Minimal Pairs

Minimal Pairs is a series of etchings featuring pairs of beings (usually a marine creature and a type of person) whose names rhyme.  In it I explore, in a playful fashion, our human obsession with the idea that we can produce knowledge through taxonomies, encyclopedic listings and classifications. The work looks at painful stereotypes (Goy/Koi as a response to Yid/Squid; Dyke/Pike is another), religious ideals (Darter/Martyr), sexual mores (Scallop/Trollope), cultural icons (Coach/Loach) and simply absurd juxtapositions (Surgeon/Sturgeon). The figures would seem to serve as illustrations of word pairs that share a sound but no meaning, but instead they look at each other blankly, or ignore each other completely.  This lends what appears as an illustration a perfectly abstract, non-semantic quality.  I enjoy engaging with this additional taxonomic tension between “art” – which is not “supposed” to illustrate anything–and “illustration.”

Printmaking is a tool of both artists and illustrators, and the perfect medium for this project because of its flexibility.  I experiment with each proof, adding paint, pencil or ink, or taking off tone by sanding the paper itself.   Printmaking is a “serious” process, technically demanding, time-consuming and weighty with history, and I enjoy subverting this seriousness by making prints of quick, caricaturish drawings with rhyming captions, or covering the backgrounds with thick layers of gouache.

I chose to call the series Minimal Pairs because minimal pairs are linguistic classifications whose use can strengthen stereotyping.  Minimal pairs are two words that have just one small difference in sound but completely different meanings. ‘Ship’ and ‘Sheep’ are a minimal pair. The minimal pair is a calamity for non-native speakers of English. The difficulty of distinguishing between only slightly different sounds sets apart the native from the non-native speaker, acting as a barrier.  As a grammatical artifact rather than a quirk of spoken language, minimal pairs appear as a clash between the similarity of sound and the complete disjunction of object (in the example above: ‘Ship’ and ‘Sheep’). This serves to divert attention from meaning (semantics) to sound (phonetics).

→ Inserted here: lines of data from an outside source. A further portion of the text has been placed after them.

impl Writer<'_> {
    ghost use Rattle.c_sections.specs.Working.Prototypes.{result_of, declared_of, parameter_of, parameters_of};
    ghost use Rattle.c_sections.specs.Working.Prototypes.{local_of, locals_of, temporary_of, value_of, result_line_of};
    ghost use Rattle.c_sections.specs.Working.Prototypes.{declarations_of, reference_of, check_line_of, guarded_of, checks_of};
    ghost use Rattle.c_sections.specs.Working.Prototypes.{head_of, further_of, front_of, code_of, HasPlan};
    ghost use Rattle.c_sections.specs.Working.Prototypes.{section_name_of, begun_of};

    // Appends the struct of a section's return type.
    fn push_result_struct(
        &self,
        out: &mut String,
        result_type: Option<ValueType>,
    ) -> Result<(), AllocError>
        ensures { OnOk result (AddsText (result_of self.now result_type) out.old out.new) }
    {
        match result_type {
            None => out.push_str("autolock_end"),
            Some(ValueType::Integer) => out.push_str("autolock_int"),
            Some(ValueType::Reference(structure)) => {
                self.push_own(out, "Ref_")?;
                push_struct(out, self.program, structure)
            }
        }
    }

    // Appends a local with its type.
    fn push_declared(
        &self,
        out: &mut String,
        number: usize,
        local: &Local,
    ) -> Result<(), AllocError>
        ensures { OnOk result (AddsText (declared_of self.now number local.now) out.old out.new) }
    {
        self.push_type(out, local.value_type)?;
        push_local(out, number, local)
    }

    // Appends a parameter after others.
    fn push_parameter(
        &self,
        out: &mut String,
        number: usize,
        local: &Local,
    ) -> Result<(), AllocError>
        ensures { OnOk result (AddsText (parameter_of self.now number local.now) out.old out.new) }
    {
        out.push_str(", ")?;
        self.push_declared(out, number, local)
    }

    // Appends the parameters of a section.
    fn push_parameters(&self, out: &mut String, section: &Section) -> Result<(), AllocError>
        ensures { OnOk result (AddsText (parameters_of self.now section.now) out.old out.new) }
    {
        for (number, local) in parameters(section).iter().enumerate() {
            self.push_parameter(out, number, local)?;
        }
        Ok(())
    }

    // Appends the name of a section's function, after the struct of its return type.
    fn push_head(&self, out: &mut String, section: &Section) -> Result<(), AllocError>
        ensures { OnOk result (AddsText (head_of self.now section.now) out.old out.new) }
    {
        out.push_str("struct ")?;
        self.push_result_struct(out, section.result_type)?;
        out.push_str(" ")?;
        self.push_named(out, section.name.as_str())
    }

    /// Appends the prototype of a section, which prints or not.
    pub fn push_prototype(
        &self,
        out: &mut String,
        section: &Section,
        prints: bool,
    ) -> Result<(), AllocError>
        ensures { OnOk result (AddsText (text.prototype_text self.now.prefix.now self.now.program.now section.now
            prints) out.old out.new) }
    {
        self.push_head(out, section)?;
        out.push_str("(struct ")?;
        self.push_own(out, "State")?;
        out.push_str(" *s")?;
        self.push_parameters(out, section)?;
        push_out(out, prints)?;
        out.push_str(")")
    }

    // Appends a local after the parameters.
    fn push_local_line(
        &self,
        out: &mut String,
        number: usize,
        local: &Local,
    ) -> Result<(), AllocError>
        ensures { OnOk result (AddsText (local_of self.now number local.now) out.old out.new) }
    {
        out.push_str("  ")?;
        self.push_declared(out, number, local)?;
        out.push_str(" = ")?;
        push_zero(out, local.value_type)?;
        out.push_str(";\n")
    }

    // Appends the locals after the parameters.
    fn push_locals(&self, out: &mut String, section: &Section) -> Result<(), AllocError>
        ensures { OnOk result (AddsText (locals_of self.now section.now) out.old out.new) }
    {
        let locals = section.locals.as_slice();
        for number in section.parameters..locals.len() {
            self.push_local_line(out, number, &locals[number])?;
        }
        Ok(())
    }

    // Appends a temporary.
    fn push_temporary_line(&self, out: &mut String, temporary: Temporary) -> Result<(), AllocError>
        ensures { OnOk result (AddsText (temporary_of self.now temporary) out.old out.new) }
    {
        out.push_str("  ")?;
        self.push_type(out, temporary.holds)?;
        push_temporary(out, self.program, temporary)?;
        out.push_str(";\n")
    }

    // Appends the temporaries.
    fn push_temporaries(&self, out: &mut String, list: &[Temporary]) -> Result<(), AllocError>
        ensures { OnOk result (AddsText (flat_map (temporary_of self.now) list.now) out.old out.new) }
    {
        for temporary in list {
            self.push_temporary_line(out, *temporary)?;
        }
        Ok(())
    }

    // Appends the variable of the section's result, if it has one.
    fn push_value_line(
        &self,
        out: &mut String,
        result_type: Option<ValueType>,
    ) -> Result<(), AllocError>
        ensures { OnOk result (AddsText (value_of self.now result_type) out.old out.new) }
    {
        let Some(value_type) = result_type else {
            return Ok(());
        };
        out.push_str("  ")?;
        self.push_type(out, value_type)?;
        out.push_str("value = ")?;
        push_zero(out, value_type)?;
        out.push_str(";\n")
    }

    // Appends the variable that the section returns.
    fn push_result_line(
        &self,
        out: &mut String,
        result_type: Option<ValueType>,
    ) -> Result<(), AllocError>
        ensures { OnOk result (AddsText (result_line_of self.now result_type) out.old out.new) }
    {
        out.push_str("  struct ")?;
        self.push_result_struct(out, result_type)?;
        out.push_str(" result;\n")
    }

    // Appends the variables of a section with this number of lock paths that follow locals and temporaries.
    fn push_further(
        &self,
        out: &mut String,
        section: &Section,
        prints: bool,
        count: usize,
    ) -> Result<(), AllocError>
        ensures { OnOk result (AddsText (further_of self.now section.now prints count) out.old out.new) }
    {
        push_locks_lines(out, count)?;
        out.push_str("  int trap = 0;\n")?;
        push_prints_line(out, prints)?;
        self.push_value_line(out, section.result_type)?;
        self.push_result_line(out, section.result_type)
    }

    // Appends the variables of a section.
    fn push_declarations(
        &self,
        alloc: Global,
        out: &mut String,
        listed: Listed<'_>,
    ) -> Result<(), NoMemory>
        requires { HasPlan self.now listed }
        ensures { OnOk result (AddsText (declarations_of self.now listed.entry) out.old out.new) }
    {
        let code = listed.code.instructions.as_slice();
        let list = temporaries_of(alloc, self.program, code)?;
        self.push_locals(out, listed.section)?;
        self.push_temporaries(out, &list)?;
        self.push_further(out, listed.section, prints(code), listed.paths.len())?;
        Ok(())
    }

    // Appends the test that a parameter is null or refers to an object of this struct.
    fn push_check_of(
        &self,
        out: &mut String,
        number: usize,
        local: &Local,
        structure: usize,
    ) -> Result<(), AllocError>
        ensures { OnOk result (AddsText (reference_of self.now number local.now structure) out.old out.new) }
    {
        out.push_str("  if (AL_RARE(!")?;
        self.push_own(out, "Is_")?;
        push_struct(out, self.program, structure)?;
        out.push_str("(s, ")?;
        push_local(out, number, local)?;
        out.push_str("))) AL_TRAP(7);\n")
    }

    // Appends the test of a parameter, if it is a reference.
    fn push_check_line(
        &self,
        out: &mut String,
        number: usize,
        local: &Local,
    ) -> Result<(), AllocError>
        ensures { OnOk result (AddsText (check_line_of self.now number local.now) out.old out.new) }
    {
        match local.value_type {
            ValueType::Integer => Ok(()),
            ValueType::Reference(structure) => self.push_check_of(out, number, local, structure),
        }
    }

    // Appends the tests of parameters.
    fn push_check_lines(&self, out: &mut String, list: &[Local]) -> Result<(), AllocError>
        ensures { OnOk result (AddsText (numbered (check_line_of self.now) 0 list.now) out.old out.new) }
    {
        for (number, local) in list.iter().enumerate() {
            self.push_check_line(out, number, local)?;
        }
        Ok(())
    }

    // Appends the tests of parameters, inside the `#ifdef` of the macro.
    fn push_guarded(&self, out: &mut String, list: &[Local]) -> Result<(), AllocError>
        ensures { OnOk result (AddsText (guarded_of self.now list.now) out.old out.new) }
    {
        out.push_str("#ifdef AL_CHECK\n")?;
        self.push_check_lines(out, list)?;
        out.push_str("#endif\n")
    }

    // Appends the tests of parameters, if some are references.
    fn push_checks(&self, out: &mut String, section: &Section) -> Result<(), AllocError>
        ensures { OnOk result (AddsText (checks_of self.now section.now) out.old out.new) }
    {
        let list = parameters(section);
        if some_reference(list) {
            return self.push_guarded(out, list);
        }
        Ok(())
    }

    // Appends the section's number.
    fn push_section_name(&self, out: &mut String, section: &Section) -> Result<(), AllocError>
        ensures { OnOk result (AddsText (section_name_of self.now section.now) out.old out.new) }
    {
        self.push_own(out, "Section_")?;
        out.push_str(section.name.as_str())
    }

    // Appends the begin of a call in the history.
    fn push_begun(
        &self,
        out: &mut String,
        section: &Section,
        prints: bool,
    ) -> Result<(), AllocError>
        ensures { OnOk result (AddsText (begun_of self.now section.now prints) out.old out.new) }
    {
        let list = parameters(section);
        out.push_str(
            "#ifdef AL_HISTORY\n  struct autolock_seat *seat = autolock_begin(s->history, ",
        )?;
        self.push_section_name(out, section)?;
        write!(out, ", {}, (const int64_t[]) {{ ", list.len())?;
        push_arguments(out, list)?;
        out.push_str("0 });\n")?;
        push_kept(out, prints)?;
        out.push_str("#endif\n")
    }

    // Appends what precedes a section's end.
    fn push_front(
        &self,
        alloc: Global,
        out: &mut String,
        listed: Listed<'_>,
    ) -> Result<(), NoMemory>
        requires { HasPlan self.now listed }
        ensures { OnOk result (AddsText (front_of self.now listed.entry) out.old out.new) }
    {
        let printed = prints(&listed.code.instructions);
        self.push_prototype(out, listed.section, printed)?;
        out.push_str("\n{\n")?;
        self.push_declarations(alloc, out, listed)?;
        push_uses(out, listed.section, listed.paths.len())?;
        self.push_begun(out, listed.section, printed)?;
        Ok(())
    }

    // Appends the end of a section with these lock paths.
    fn push_end(
        &self,
        out: &mut String,
        section: &Section,
        prints: bool,
        paths: &[LockPath],
    ) -> Result<(), AllocError>
        ensures { OnOk result (AddsText (text.end_text self.now.program.now section.now prints
            (map lock_path_of paths.now)) out.old out.new) }
    {
        out.push_str("  goto begin;\nend:\n")?;
        push_ended(out, section, prints)?;
        push_unlocks(out, self.program, paths)?;
        push_count_line(out, prints)?;
        out.push_str("  result.trap = trap;\n")?;
        push_give_line(out, section.result_type)?;
        out.push_str("  return result;\nbegin:\n")
    }

    /// Appends a section. With marks, its C is marked with those lines of the program's file.
    ///
    /// # Errors
    ///
    /// Out of memory.
    pub fn push_section(
        &self,
        alloc: Global,
        out: &mut String,
        listed: Listed<'_>,
        marks: Option<LineMarks<'_>>,
    ) -> Result<(), NoMemory>
        requires paths { map lock_path_of listed.paths.now ≡ lock_paths self.now.program.now listed.section.now }
        requires code { listed.code.now.instructions.items ≡ section_code (lists_of listed) listed.section.now }
        requires rises { IsNonDecreasing listed.code.now.begins.items }
        ensures { OnOk result (AddsText (text.section_text self.now.prefix.now self.now.program.now
            listed.entry.section.now (lists_of listed.entry) (marks_of marks.entry listed.entry.code.now))
            out.old out.new) }
    {
        sections_have_plans::<usize>();
        let lines = InstructionLines::new(alloc, self.program, listed)?;
        self.push_front(alloc, out, listed)?;
        let printed = prints(&listed.code.instructions);
        self.push_end(out, listed.section, printed, listed.paths)?;
        self.push_checks(out, listed.section)?;
        lines.push(alloc, out, marks)?;
        out.push_str("}\n")?;
        Ok(())
    }
}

Language is a convention, a general agreement on pairings of sounds and images. It means that the absurd — like the unconscious— is embedded in the very idea of its system.  As someone who grew up on Monty Python and the New Yorker, I am tickled by the absurd.  As an Anglo who teaches immigrants, and an American who grew up outside of the United States, I am extremely aware of taxonomies and categories that make us outsiders or insiders, foreigners or natives. The absurdity of categorization lies at the heart of this project.